Di recente mi ha colpito molto un commento di Colm Tóibín dopo la proiezione del film tratto dal suo romanzo Brooklyn: “Sullo schermo è completo, come se fosse sempre stato lì, ma solo se l’hai scritto sai quanto è stato provvisorio.”
È facile dimenticare gli inizi provvisori, eppure è proprio la provvisorietà che noto quando arriva. Ogni volta è il segnale che c’è una storia da scrivere. Ogni volta è dove il lavoro comincia, e ricordo a me stessa le parole che Van Gogh scrisse a suo fratello Theo: se c’è una scena da dipingere, allora bisogna provare a dipingerla, anche se si ha paura di non esserne capaci. È l’inizio di quella che può sembrare un’interminabile sequela di prove e fallimenti, ciò che Nell Freudenberger ha definito “un cieco brancolare nel buio, in cerca di qualcosa, qualsiasi cosa, che sia risonante e concreto.”
Tutte le buone storie sono risonanti e concrete: vivono nella mente del lettore e riecheggiano oltre le pagine del libro. Ma concretezza e risonanza sono sfuggenti. Posso scrivere frase dopo frase, paragrafo dopo paragrafo, immagini e collegamenti, oggetti e dialoghi e pensieri; posso arrovellarmi sulla struttura e su come plasmare il tempo, eppure, in qualche modo, l’alchimia non funziona, e allora devo ricordarmi di un’altra frase di Van Gogh a suo fratello (in parte dettata, occorre dirlo, dal fatto che stava chiedendo a Theo altri soldi per comprare nuove tele, ma non per questo è meno vera): “A volte il successo è il risultato di una lunga serie di fallimenti.”

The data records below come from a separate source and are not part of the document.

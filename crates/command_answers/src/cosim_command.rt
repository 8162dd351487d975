//! The command `cosim FILE DECK STIM`: the verdict of a deck beside the network of a file over a stimulus.
ghost use Rattle.std.specs.Prelude.{◌≡◌, IfOk, IsErrOf};
ghost use Rattle.command_answers.specs.Endings.{ending_of};
ghost use Rattle.command_answers.specs.Verdicts.{is_same_verdict};
ghost use Rattle.trace_tool.specs.CosimRefusals.{IsCosimRefused};
ghost use Rattle.trace_tool.specs.VerdictLines.{verdict_line};
ghost use Rattle.trace_tool.specs.Verdicts.{IsVerdictOf};
ghost use Rattle.trace_tool.specs.declared.fault.TraceFault.{TraceFault as Fault};
ghost use Rattle.trace_tool.specs.declared.verdict.Verdict.{Verdict as Compared};

use crate::answer::{Answer, Ending};
use std::alloc::Global;
use trace_tool::{Order, TraceFault, Verdict};

/// The verdict of a deck beside the network of a file over a stimulus, in an order of events with a seed.
pub fn cosim(
    alloc: Global,
    file: &[u8],
    deck: &[u8],
    stim: &[u8],
    order: Order,
    seed: u64,
) -> Result<Answer, TraceFault>
    ensures verdict { IfOk result (λ answer. (verdict : Compared) × IsVerdictOf file.now deck.now stim.now order seed verdict
        × (answer.text.items ≡ verdict_line verdict) × (answer.ending ≡ ending_of (is_same_verdict verdict))) }
    ensures refused { (why : Fault) → IsErrOf result why → IsCosimRefused file.now deck.now stim.now why }
{
    let verdict = trace_tool::cosim(alloc, file, deck, stim, order, seed)?;
    let text = verdict.text(alloc)?;
    let ending = Ending::of(is_same(&verdict));
    Ok(Answer { text, ending })
}

/// Whether all is the same.
pub fn is_same(verdict: &Verdict) -> bool
    ensures { result ≡ is_same_verdict verdict.now }
{
    match verdict {
        Verdict::Same { .. } => true,
        _ => false,
    }
}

Uno degli esempi più calzanti di questa teoria nel mio lavoro riguarda la ricerca – una lotta di cinque anni – della voce di una bambina chiamata Alyss in un racconto. Avrò riscritto la storia un’infinità di volte, eppure la voce di Alyss sulla pagina non corrispondeva a quella nella mia testa. Resisteva ad ogni assalto. Poi, un giorno, la serendipità si è palesata in due casi fortuiti:
ho letto i primi capitoli del Terzo poliziotto di Flann O’Brien e la lettera e nella mia tastiera ha smesso di funzionare
In qualche modo i due eventi – la gioiosa ginnastica verbale di O’Brien insieme alla strana freschezza e all’aspetto divertente di una pagina di dialogo senza la lettera e nelle parole – hanno apportato qualcosa di nuovo ai miei fallimenti. Hanno aperto una serratura, sbloccando qualcosa che era lì ma non ero ancora riuscita a portare alla luce, conducendomi fino alla voce di Alyss. Non era senza e e non faceva il verso alla prosa di O’Brien, ma alla fine l’ho trovata.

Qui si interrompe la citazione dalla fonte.